= Beginning of Section =
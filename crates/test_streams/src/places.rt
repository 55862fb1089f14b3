//! Tests of the positions that are passed to a service. These tests define the service.

ghost use Rattle.std.specs.Prelude.{⊤, Ok};

use capn_canon::{Form, Refusal};
use capn_pack::UnpackFault;
use capn_serve::{
    Begun, Finish, Position, Run, RunFault, ServeFault, Service, flush_long, run_packed,
    serve_form_with,
};
use capn_stream::FrameFault;
use capn_words::{Space, Watched};
use std::alloc::{Allocator, Global};
use std::io::{self, Read, Write};
use std::test::Fail;

/// The service that writes three bytes for each message: its index, its offset, and the length of its frame.
#[derive(Drop)]
pub(crate) struct Places;

impl Service for Places {
    ghost use Rattle.capn_serve.specs.Fold.{never};

    ghost serves = { λ s at frame message text t. ⊤ };

    ghost refuses = { λ s at frame message r. ⊥ };

    ghost done = { never };

    fn is_done(&self, _at: Position) -> bool {
        false
    }

    fn serve<S: Space, W: Write, A: Allocator + Copy>(
        &mut self,
        _alloc: A,
        at: Position,
        frame: &[u8],
        _message: &S,
        text: &mut Vec<u8, A>,
        writer: &mut Watched<W>,
    ) -> Result<(), ServeFault> {
        let place = [
            (at.index % 256) as u8,
            (at.offset % 256) as u8,
            (frame.len() % 256) as u8,
        ];
        match text.extend_from_slice(&place) {
            Ok(()) => flush_long(text, writer),
            Err(_) => Err(ServeFault::Memory),
        }
    }
}

/// A run has the number of its messages as its result, and writes nothing after the messages.
impl Finish for Places {
    ghost use Rattle.capn_serve.specs.Finish.{no_closing, nothing_told};

    type Found = u64;

    type Fault = RunFault;

    ghost closing = { no_closing };

    ghost told = { nothing_told };

    ghost outcome = { λ s at. Ok at.index };

    ghost stops = { λ s at fault. fault };

    fn write_closing<W: Write, A: Allocator + Copy>(
        &self,
        _alloc: A,
        _at: Position,
        _writer: &mut Watched<W>,
    ) -> Result<(), RunFault> {
        Ok(())
    }

    fn write_told<W: Write, A: Allocator + Copy>(
        &self,
        _alloc: A,
        _at: Position,
        _refusal: &Refusal,
        _begun: &Begun<A>,
        _writer: &mut Watched<W>,
    ) -> Result<(), RunFault> {
        Ok(())
    }

    fn outcome(&self, at: Position) -> Result<u64, RunFault> {
        Ok(at.index)
    }

    fn stops(&self, _at: Position, stopped: RunFault) -> RunFault {
        stopped
    }
}

/// A reader that gives one byte at a time.
#[derive(Drop)]
pub(crate) struct Single<'a> {
    pub(crate) bytes: &'a [u8],
}

impl<'a> Read for Single<'a> {
    fn read(&mut self, buf: &mut [u8]) -> io::Result<usize> {
        match (self.bytes.split_first(), buf.first_mut()) {
            (Some((byte, rest)), Some(place)) => {
                *place = *byte;
                self.bytes = rest;
                Ok(1)
            }
            _ => Ok(0),
        }
    }
}

/// Returns the result and the output of a run over the packed `input` that unpacks at most `limit` bytes.
fn packed<R: Read + Drop>(alloc: Global, input: R, limit: u64) -> (Result<(), RunFault>, Vec<u8>) {
    let mut run = Run::new(Places);
    let mut reader = Watched::new(input);
    let mut writer = Watched::new(Vec::new(alloc));
    let ending = run_packed(
        alloc,
        1_024,
        u64::MAX,
        limit,
        &mut run,
        &mut reader,
        &mut writer,
    );
    let Run { service: _, at: _ } = run;
    (ending, writer.into_inner())
}

/// The packed bytes of two frames of 16 bytes and one of 8 bytes, which shares a group with the second.
const THREE: [u8; 8] = [0x10, 1, 0, 0, 0x10, 1, 0, 1];

/// The output for `THREE`.
const PLACES: [u8; 9] = [0, 0, 16, 1, 16, 16, 2, 32, 8];

/// Offsets are counted in the unpacked bytes, even if each packed byte is read by itself.
#[test]
fn packed_messages_in_many_chunks(rt: HostRuntime) -> Result<(), Fail> {
    let (ending, text) = packed(rt.alloc(), Single { bytes: &THREE }, u64::MAX);
    assert!(rt; ending == Ok(()) && text.as_slice() == PLACES.as_slice());
    Ok(())
}

/// The limit is on the unpacked bytes, and the messages within it are served.
#[test]
fn more_than_the_limit(rt: HostRuntime) -> Result<(), Fail> {
    let (within, all) = packed(rt.alloc(), THREE.as_slice(), 40);
    let (past, some) = packed(rt.alloc(), THREE.as_slice(), 39);
    assert!(rt; within == Ok(()) && all.as_slice() == PLACES.as_slice());
    assert!(rt;
        past == Err(RunFault::InputTooLong) && some.as_slice() == [0, 0, 16, 1, 16, 16].as_slice()
    );
    Ok(())
}

/// Returns the result of a run over `input` in `form`, and the parts that were read of the message and of the group at
/// which the run stopped.
fn stopped(alloc: Global, form: Form, input: &[u8]) -> (Result<(), RunFault>, Begun<Global>) {
    let mut run = Run::new(Places);
    let mut begun = Begun::new(alloc);
    let mut reader = Watched::new(Single { bytes: input });
    let mut writer = Watched::new(Vec::new(alloc));
    let ending = serve_form_with(
        alloc,
        form,
        1_024,
        &mut run,
        &mut begun,
        &mut reader,
        &mut writer,
    );
    let Run { service: _, at: _ } = run;
    (ending, begun)
}

/// Returns the error of a run that stops with `refusal` at a second frame, after a frame of 16 bytes.
fn second(refusal: Refusal) -> Result<(), RunFault> {
    let at = Position {
        index: 1,
        offset: 16,
    };
    Err(RunFault::Refused(at, refusal))
}

/// A frame of 16 bytes, and then the table of a segment of 2^32 - 1 words.
const LONG: [u8; 24] = [
    0, 0, 0, 0, 1, 0, 0, 0, 0, 0, 0, 0, 0, 0, 0, 0, 0, 0, 0, 0, 255, 255, 255, 255,
];

/// The part that was read of a frame is kept, if the frame is cut or has too many words.
#[test]
fn what_came_of_a_frame(rt: HostRuntime) -> Result<(), Fail> {
    let (ending, begun) = stopped(rt.alloc(), Form::Stream, &LONG[..22]);
    assert!(rt; ending == second(Refusal::Frame(FrameFault::Cut)));
    assert!(rt; begun.message() == &LONG[16..22] && begun.group().is_empty());
    let (ending, begun) = stopped(rt.alloc(), Form::Stream, &LONG);
    assert!(rt; ending == second(Refusal::Frame(FrameFault::TooManyWords(u64::from(u32::MAX)))));
    assert!(rt; begun.message() == &LONG[16..]);
    let (ending, begun) = stopped(rt.alloc(), Form::Stream, &LONG[..16]);
    assert!(rt; ending == Ok(()) && begun.message().is_empty());
    Ok(())
}

/// The unpacked bytes of a cut frame are kept, and the packed bytes of a cut group.
#[test]
fn what_came_of_a_group(rt: HostRuntime) -> Result<(), Fail> {
    let (ending, begun) = stopped(rt.alloc(), Form::Packed, &THREE[..6]);
    assert!(rt; ending == second(Refusal::Frame(FrameFault::Cut)));
    assert!(rt; begun.message() == &LONG[..8] && begun.group().is_empty());
    let (ending, begun) = stopped(rt.alloc(), Form::Packed, &THREE[..7]);
    assert!(rt; ending == second(Refusal::Packed(UnpackFault::Cut { at: 6 })));
    assert!(rt; begun.message() == &LONG[..8] && begun.group() == [0].as_slice());
    Ok(())
}
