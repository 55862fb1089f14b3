//! Tests of lines that are built in place, of the exit statuses of runs, and of the set of digests.

use capn_digests::DigestSet;
use capn_serve::{Line, NumberLine, RunFault, status};
use capn_words::Watched;
use std::alloc::Global;
use std::process::Abort;
use std::test::Fail;

/// Returns the text that the parts of a line make, after `before` bytes of `x`. A line that is longer than its buffer
/// has the same text.
fn written(alloc: Global, before: usize) -> Result<Vec<u8>, Fail> {
    let mut line = Line::new();
    let mut errors = Watched::new(Vec::new(alloc));
    let mut filling = Vec::new(alloc);
    filling.resize(before, b'x')?;
    line.put(filling.as_slice(), &mut errors);
    line.put_named(b"words ", 40, &mut errors);
    line.put_between(b" (at ", u64::MAX, b"): ", &mut errors);
    line.put_number(0, &mut errors);
    line.put(b", ", &mut errors);
    line.put_memory(&mut errors);
    line.send(&mut errors);
    Ok(errors.into_inner())
}

#[test]
fn a_line_of_any_length(rt: HostRuntime) -> Result<(), Fail> {
    let want = b"words 40 (at 18446744073709551615): 0, out of memory".as_slice();
    for before in [0, 200, 250, 256, 300] {
        let text = written(rt.alloc(), before)?;
        assert!(rt; text.len() == before + want.len());
        assert!(rt; &text[before..] == want);
    }
    Ok(())
}

/// A line with numbers is built from its end to its beginning.
#[test]
fn a_line_from_its_end(rt: HostRuntime) {
    let mut line: NumberLine<64> = NumberLine::new();
    assert!(rt; line.as_bytes().is_empty());
    line.put(b"\n");
    line.put_named(b" of ", 18_446_744_073_709_551_615);
    line.put_number(7);
    line.put(b"message ");
    assert!(rt; line.as_bytes() == b"message 7 of 18446744073709551615\n".as_slice());
}

#[test]
fn statuses_of_runs(rt: HostRuntime) {
    let done: Result<(), RunFault> = Ok(());
    assert!(rt; status(&done) == 0);
    assert!(rt; status(&Err(RunFault::Memory)) == 3);
    assert!(rt; status(&Err(RunFault::Io)) == 3);
}

/// Returns the digest whose bytes are all `byte`.
fn digest(byte: u8) -> [u8; 32] {
    [byte; 32]
}

#[test]
fn digests_that_a_set_has(rt: HostRuntime) -> Result<(), Fail> {
    let mut digests = DigestSet::new(rt.alloc());
    assert!(rt; !digests.contains(&digest(1)));
    for byte in 0..100 {
        digests.insert(digest(byte))?;
    }
    for byte in 0..=255 {
        assert!(rt; digests.contains(&digest(byte)) == (byte < 100));
    }
    Ok(())
}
= End of Section =
TASK REQUIREMENTS
In the material above, how many lines include the word "text"? Answer with the number only.

SOLUTION TO THIS EXERCISE
11